The reply has to be a number alone, equal to how many lines in the entries below hold the string "arguments".

Stored data
▶

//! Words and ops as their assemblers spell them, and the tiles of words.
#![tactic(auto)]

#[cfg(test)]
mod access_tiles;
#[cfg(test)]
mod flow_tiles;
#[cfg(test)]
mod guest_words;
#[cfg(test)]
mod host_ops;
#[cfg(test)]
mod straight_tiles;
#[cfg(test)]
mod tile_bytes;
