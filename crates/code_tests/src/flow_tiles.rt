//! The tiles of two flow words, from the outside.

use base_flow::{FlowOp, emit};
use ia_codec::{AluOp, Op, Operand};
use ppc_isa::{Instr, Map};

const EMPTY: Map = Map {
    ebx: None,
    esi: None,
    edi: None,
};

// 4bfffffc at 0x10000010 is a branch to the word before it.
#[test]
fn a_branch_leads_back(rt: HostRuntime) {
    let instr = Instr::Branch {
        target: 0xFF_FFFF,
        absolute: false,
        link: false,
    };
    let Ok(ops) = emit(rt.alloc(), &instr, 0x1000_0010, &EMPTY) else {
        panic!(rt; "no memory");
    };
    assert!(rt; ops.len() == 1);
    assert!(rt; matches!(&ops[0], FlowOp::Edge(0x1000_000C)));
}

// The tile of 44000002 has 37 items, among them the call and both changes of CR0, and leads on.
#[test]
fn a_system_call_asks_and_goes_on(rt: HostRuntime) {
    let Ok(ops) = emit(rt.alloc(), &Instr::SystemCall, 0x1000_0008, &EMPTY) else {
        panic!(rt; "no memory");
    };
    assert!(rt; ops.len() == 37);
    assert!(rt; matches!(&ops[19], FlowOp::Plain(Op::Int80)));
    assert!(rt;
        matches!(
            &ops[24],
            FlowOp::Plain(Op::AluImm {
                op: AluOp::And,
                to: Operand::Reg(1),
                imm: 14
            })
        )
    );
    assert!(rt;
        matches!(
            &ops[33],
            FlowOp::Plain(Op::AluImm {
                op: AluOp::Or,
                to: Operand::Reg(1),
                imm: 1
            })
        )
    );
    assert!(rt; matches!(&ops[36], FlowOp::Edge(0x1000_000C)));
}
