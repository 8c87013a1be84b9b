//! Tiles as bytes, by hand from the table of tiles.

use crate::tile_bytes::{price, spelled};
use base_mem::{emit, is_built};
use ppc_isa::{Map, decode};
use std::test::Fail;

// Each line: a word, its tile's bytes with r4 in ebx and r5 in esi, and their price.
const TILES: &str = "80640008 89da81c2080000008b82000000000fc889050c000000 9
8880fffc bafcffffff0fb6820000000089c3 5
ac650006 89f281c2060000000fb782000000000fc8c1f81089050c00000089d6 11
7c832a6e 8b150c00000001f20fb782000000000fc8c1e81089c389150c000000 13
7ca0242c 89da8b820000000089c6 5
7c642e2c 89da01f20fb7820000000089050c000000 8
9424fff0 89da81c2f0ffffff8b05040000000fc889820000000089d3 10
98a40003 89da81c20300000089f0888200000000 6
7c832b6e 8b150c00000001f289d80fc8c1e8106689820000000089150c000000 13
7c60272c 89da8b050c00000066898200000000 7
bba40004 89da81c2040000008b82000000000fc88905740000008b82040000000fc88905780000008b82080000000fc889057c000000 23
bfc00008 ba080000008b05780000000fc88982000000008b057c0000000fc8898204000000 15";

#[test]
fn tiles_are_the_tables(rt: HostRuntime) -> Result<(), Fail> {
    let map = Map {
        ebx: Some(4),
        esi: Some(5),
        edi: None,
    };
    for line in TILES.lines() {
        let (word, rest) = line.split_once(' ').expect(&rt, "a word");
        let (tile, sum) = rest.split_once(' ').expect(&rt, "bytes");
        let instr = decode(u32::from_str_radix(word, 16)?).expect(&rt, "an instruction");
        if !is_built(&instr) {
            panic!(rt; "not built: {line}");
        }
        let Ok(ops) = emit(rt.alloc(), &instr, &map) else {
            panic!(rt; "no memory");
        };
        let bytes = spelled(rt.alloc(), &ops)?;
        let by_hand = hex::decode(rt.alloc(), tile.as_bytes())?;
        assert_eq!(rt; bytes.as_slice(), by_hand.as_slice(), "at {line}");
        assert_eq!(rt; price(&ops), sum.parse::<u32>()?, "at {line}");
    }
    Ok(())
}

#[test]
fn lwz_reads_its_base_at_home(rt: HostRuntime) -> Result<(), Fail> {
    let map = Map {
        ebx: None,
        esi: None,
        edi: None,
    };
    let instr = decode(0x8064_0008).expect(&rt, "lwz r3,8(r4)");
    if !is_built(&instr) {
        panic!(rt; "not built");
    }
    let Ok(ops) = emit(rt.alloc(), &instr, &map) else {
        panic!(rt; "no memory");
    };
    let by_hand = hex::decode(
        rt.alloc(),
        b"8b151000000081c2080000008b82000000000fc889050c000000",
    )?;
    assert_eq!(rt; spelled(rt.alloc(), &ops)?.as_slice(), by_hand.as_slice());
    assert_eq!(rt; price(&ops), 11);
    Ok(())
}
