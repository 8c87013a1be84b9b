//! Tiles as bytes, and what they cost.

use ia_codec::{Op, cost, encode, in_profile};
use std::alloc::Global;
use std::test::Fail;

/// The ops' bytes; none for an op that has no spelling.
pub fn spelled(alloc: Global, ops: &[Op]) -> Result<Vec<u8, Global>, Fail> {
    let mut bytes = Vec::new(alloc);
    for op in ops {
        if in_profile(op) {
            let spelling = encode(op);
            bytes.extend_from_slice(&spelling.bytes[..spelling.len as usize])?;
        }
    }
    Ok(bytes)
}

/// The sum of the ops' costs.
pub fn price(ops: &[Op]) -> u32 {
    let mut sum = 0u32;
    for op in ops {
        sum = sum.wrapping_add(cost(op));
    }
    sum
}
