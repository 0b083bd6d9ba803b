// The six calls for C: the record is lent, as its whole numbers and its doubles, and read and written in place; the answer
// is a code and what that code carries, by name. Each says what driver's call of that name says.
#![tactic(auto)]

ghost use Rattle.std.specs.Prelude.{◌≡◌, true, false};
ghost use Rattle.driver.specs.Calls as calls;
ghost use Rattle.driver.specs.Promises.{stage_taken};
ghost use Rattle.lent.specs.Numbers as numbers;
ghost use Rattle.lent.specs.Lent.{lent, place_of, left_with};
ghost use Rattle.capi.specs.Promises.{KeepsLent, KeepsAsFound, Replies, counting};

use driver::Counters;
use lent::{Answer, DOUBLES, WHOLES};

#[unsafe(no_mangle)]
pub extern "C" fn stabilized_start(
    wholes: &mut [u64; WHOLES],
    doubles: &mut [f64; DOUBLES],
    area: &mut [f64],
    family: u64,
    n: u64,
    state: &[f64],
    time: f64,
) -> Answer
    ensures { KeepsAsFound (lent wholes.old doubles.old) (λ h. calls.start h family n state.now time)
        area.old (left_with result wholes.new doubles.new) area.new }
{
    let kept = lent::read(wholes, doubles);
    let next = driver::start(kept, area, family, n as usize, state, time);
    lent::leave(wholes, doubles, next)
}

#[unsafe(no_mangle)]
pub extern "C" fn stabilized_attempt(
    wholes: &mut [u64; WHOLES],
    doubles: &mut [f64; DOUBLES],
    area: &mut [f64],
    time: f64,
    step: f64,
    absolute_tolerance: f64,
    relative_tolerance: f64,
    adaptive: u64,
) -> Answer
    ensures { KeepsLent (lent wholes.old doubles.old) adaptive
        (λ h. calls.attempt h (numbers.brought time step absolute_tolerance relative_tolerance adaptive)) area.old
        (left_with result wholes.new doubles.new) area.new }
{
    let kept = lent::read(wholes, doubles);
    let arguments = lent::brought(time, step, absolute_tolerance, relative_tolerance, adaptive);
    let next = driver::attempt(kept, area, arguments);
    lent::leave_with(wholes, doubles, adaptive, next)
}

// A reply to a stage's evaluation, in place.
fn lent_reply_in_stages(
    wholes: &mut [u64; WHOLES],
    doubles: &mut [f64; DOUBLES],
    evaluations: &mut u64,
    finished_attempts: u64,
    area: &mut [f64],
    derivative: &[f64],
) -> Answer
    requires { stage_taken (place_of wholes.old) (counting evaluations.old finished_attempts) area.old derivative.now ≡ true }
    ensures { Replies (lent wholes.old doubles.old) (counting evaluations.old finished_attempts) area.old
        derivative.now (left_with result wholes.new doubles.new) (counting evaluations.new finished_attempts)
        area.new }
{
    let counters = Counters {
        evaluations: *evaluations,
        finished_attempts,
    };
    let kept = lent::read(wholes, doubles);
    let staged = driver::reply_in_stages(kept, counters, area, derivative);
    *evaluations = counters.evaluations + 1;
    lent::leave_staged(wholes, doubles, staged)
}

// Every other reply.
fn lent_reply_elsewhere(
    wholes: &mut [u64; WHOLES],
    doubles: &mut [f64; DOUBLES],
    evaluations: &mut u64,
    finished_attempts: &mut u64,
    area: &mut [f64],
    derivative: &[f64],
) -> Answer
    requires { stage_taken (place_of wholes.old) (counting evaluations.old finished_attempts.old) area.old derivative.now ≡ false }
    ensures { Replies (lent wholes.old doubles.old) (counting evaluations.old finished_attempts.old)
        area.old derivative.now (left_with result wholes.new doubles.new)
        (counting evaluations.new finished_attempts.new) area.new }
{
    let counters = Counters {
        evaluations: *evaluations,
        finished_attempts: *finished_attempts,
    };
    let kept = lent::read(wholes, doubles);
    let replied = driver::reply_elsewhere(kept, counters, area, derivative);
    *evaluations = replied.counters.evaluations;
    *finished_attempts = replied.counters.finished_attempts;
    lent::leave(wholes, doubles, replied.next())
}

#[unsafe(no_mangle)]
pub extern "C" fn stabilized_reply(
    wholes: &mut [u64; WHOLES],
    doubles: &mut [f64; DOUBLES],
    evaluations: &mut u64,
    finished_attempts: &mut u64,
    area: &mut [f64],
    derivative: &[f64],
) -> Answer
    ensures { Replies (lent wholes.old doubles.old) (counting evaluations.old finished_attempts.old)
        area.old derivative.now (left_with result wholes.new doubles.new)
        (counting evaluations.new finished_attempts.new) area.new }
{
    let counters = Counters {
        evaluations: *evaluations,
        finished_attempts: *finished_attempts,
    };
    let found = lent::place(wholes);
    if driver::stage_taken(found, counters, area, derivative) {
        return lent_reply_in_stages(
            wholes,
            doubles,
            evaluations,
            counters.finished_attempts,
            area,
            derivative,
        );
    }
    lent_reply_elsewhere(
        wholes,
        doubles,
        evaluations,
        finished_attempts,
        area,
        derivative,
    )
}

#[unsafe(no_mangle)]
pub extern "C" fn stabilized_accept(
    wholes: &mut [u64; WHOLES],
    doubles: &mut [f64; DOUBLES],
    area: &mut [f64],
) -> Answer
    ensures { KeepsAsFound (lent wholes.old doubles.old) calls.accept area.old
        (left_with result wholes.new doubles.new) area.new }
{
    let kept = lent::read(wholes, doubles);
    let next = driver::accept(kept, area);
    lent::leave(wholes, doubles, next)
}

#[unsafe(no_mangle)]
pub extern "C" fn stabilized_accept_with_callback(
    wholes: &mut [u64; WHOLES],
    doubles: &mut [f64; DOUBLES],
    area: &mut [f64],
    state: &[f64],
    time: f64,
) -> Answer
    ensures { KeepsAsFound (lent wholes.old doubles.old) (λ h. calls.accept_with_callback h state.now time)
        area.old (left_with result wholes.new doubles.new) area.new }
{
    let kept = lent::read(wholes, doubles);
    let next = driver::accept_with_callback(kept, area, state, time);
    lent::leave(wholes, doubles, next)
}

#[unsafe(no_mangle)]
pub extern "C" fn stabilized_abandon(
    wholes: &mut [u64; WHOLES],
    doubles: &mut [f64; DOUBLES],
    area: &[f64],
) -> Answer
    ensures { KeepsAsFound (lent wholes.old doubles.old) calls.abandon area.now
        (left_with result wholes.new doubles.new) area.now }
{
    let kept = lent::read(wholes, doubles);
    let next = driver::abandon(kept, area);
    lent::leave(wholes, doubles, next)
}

◀

Output —
2